Stored data
= Beginning of Section =

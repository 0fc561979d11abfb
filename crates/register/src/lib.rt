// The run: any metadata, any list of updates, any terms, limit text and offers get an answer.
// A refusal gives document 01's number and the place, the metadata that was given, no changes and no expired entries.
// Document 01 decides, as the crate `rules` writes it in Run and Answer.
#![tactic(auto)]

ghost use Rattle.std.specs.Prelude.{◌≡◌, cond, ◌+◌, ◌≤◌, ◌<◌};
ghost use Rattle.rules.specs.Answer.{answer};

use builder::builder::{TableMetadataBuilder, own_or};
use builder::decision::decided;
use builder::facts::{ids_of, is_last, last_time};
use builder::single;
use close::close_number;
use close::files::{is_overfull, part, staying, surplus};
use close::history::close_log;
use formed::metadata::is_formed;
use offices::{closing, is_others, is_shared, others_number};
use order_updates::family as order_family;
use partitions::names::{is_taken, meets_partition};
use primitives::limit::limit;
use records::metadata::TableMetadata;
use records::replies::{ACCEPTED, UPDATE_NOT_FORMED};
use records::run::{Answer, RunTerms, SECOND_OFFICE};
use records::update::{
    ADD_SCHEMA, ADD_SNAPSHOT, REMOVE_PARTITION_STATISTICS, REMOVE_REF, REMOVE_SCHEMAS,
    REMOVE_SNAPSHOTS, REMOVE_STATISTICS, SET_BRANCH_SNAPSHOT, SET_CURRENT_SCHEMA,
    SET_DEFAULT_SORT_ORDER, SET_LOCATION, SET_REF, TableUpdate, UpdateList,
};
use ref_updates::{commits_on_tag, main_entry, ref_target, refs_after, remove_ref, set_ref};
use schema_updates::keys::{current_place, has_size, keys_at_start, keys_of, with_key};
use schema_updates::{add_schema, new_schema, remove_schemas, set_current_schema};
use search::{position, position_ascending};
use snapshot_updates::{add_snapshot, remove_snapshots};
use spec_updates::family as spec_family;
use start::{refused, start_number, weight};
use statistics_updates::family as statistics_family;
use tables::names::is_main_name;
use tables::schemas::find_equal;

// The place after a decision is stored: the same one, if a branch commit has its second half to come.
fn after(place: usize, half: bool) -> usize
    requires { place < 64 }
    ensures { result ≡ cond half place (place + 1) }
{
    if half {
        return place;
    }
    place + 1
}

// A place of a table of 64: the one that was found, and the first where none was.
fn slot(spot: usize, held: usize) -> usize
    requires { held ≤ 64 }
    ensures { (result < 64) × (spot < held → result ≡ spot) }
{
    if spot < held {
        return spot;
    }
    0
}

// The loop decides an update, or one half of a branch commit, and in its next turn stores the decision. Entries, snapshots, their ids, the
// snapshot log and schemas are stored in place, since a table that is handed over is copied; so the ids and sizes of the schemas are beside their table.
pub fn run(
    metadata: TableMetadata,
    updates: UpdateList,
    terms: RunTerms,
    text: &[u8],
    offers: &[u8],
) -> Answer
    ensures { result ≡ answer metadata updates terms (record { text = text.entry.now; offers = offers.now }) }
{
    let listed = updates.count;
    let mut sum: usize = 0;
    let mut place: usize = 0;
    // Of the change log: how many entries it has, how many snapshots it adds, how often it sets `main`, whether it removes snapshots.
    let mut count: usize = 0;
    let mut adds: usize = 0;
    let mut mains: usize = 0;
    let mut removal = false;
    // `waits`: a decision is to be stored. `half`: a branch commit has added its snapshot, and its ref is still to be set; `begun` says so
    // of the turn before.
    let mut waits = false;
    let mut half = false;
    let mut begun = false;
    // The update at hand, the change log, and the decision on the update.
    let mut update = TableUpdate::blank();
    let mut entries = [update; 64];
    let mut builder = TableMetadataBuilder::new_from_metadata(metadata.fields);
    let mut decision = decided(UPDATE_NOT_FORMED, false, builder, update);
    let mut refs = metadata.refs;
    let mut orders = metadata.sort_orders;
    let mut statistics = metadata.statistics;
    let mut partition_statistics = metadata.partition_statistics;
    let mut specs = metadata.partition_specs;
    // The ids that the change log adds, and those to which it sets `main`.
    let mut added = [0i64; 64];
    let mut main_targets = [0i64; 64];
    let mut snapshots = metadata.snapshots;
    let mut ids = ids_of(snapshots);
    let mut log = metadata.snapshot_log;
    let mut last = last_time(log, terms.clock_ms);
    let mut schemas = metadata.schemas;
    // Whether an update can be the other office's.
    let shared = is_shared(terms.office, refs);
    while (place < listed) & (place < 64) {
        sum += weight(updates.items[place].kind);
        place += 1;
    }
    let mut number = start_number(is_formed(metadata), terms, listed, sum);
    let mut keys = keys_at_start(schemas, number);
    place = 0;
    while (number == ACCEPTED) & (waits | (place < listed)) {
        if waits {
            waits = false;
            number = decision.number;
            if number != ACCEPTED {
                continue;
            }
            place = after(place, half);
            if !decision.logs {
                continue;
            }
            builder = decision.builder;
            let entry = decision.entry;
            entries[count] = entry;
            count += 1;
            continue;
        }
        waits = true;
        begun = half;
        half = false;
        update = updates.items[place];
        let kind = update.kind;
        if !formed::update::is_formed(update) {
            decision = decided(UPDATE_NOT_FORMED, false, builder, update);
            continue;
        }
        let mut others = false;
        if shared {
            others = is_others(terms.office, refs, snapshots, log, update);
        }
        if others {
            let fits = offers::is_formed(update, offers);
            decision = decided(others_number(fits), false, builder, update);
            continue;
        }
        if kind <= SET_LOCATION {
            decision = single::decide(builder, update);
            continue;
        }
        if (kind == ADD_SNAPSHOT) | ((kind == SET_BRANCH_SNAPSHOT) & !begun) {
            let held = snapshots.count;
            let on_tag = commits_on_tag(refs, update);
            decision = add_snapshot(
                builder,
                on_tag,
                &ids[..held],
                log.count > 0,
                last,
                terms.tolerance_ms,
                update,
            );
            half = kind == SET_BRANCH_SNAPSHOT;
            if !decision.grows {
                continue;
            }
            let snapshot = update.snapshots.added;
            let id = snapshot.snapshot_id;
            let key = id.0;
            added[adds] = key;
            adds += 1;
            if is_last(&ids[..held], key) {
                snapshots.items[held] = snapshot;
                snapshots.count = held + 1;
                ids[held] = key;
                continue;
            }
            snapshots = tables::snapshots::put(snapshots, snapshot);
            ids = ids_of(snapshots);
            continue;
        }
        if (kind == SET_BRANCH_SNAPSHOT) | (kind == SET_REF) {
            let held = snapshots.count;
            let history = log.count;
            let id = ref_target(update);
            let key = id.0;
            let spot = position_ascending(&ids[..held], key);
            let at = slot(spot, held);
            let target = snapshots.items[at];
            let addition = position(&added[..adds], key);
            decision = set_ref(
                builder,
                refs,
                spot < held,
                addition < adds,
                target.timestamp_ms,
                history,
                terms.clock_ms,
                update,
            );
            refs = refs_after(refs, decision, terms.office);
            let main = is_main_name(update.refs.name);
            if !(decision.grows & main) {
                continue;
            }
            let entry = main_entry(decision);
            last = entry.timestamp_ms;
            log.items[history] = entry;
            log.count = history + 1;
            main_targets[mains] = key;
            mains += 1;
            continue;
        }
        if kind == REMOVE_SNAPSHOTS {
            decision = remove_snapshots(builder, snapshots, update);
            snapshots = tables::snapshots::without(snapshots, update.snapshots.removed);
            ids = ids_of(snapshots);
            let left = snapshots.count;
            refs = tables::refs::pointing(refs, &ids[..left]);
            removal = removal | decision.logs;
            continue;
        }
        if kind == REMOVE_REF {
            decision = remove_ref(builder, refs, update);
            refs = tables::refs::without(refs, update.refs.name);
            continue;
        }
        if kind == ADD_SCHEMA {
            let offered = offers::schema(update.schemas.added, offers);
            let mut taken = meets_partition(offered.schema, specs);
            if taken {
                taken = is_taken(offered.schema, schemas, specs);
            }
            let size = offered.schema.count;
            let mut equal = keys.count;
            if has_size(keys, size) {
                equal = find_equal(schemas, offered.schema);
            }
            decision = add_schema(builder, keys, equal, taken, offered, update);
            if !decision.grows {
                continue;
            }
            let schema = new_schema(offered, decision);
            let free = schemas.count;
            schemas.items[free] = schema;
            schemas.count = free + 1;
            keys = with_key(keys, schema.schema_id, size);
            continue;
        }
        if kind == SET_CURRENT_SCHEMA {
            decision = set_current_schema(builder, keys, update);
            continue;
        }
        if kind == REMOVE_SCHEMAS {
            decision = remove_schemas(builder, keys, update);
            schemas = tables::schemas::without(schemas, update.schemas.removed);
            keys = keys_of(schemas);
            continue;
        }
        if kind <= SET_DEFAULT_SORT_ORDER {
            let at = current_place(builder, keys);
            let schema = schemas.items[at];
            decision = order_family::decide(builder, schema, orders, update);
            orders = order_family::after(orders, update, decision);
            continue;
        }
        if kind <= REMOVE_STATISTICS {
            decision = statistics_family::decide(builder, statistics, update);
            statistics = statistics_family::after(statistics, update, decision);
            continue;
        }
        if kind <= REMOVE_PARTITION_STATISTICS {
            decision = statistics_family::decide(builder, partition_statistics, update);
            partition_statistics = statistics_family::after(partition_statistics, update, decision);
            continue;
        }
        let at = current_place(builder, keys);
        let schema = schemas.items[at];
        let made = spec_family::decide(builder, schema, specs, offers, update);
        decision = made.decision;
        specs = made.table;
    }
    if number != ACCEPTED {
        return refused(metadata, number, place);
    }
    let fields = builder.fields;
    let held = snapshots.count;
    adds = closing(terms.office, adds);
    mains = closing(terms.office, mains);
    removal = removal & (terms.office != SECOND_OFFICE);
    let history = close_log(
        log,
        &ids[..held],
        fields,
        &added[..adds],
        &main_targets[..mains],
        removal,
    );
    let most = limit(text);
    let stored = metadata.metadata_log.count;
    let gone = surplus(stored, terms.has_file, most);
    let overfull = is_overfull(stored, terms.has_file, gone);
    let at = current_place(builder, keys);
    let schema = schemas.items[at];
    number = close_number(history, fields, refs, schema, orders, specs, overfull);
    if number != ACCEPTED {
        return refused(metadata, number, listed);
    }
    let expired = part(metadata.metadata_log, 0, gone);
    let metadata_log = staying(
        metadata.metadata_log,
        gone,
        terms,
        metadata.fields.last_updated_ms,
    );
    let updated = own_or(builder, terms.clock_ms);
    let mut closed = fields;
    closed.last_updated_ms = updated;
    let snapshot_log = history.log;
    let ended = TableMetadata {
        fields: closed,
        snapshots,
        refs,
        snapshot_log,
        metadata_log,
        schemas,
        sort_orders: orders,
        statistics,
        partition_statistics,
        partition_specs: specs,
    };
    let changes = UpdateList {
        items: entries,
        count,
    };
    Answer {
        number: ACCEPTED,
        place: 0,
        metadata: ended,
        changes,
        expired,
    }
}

= End of Section =

* What this task involves
Send back the lines of the records word for word, from the very first through the line containing "#![tactic(auto)]".

* Task response
repository 0fc561979d11abfb
filename crates/register/src/lib.rt
// The run: any metadata, any list of updates, any terms, limit text and offers get an answer.
// A refusal gives document 01's number and the place, the metadata that was given, no changes and no expired entries.
// Document 01 decides, as the crate `rules` writes it in Run and Answer.
#![tactic(auto)]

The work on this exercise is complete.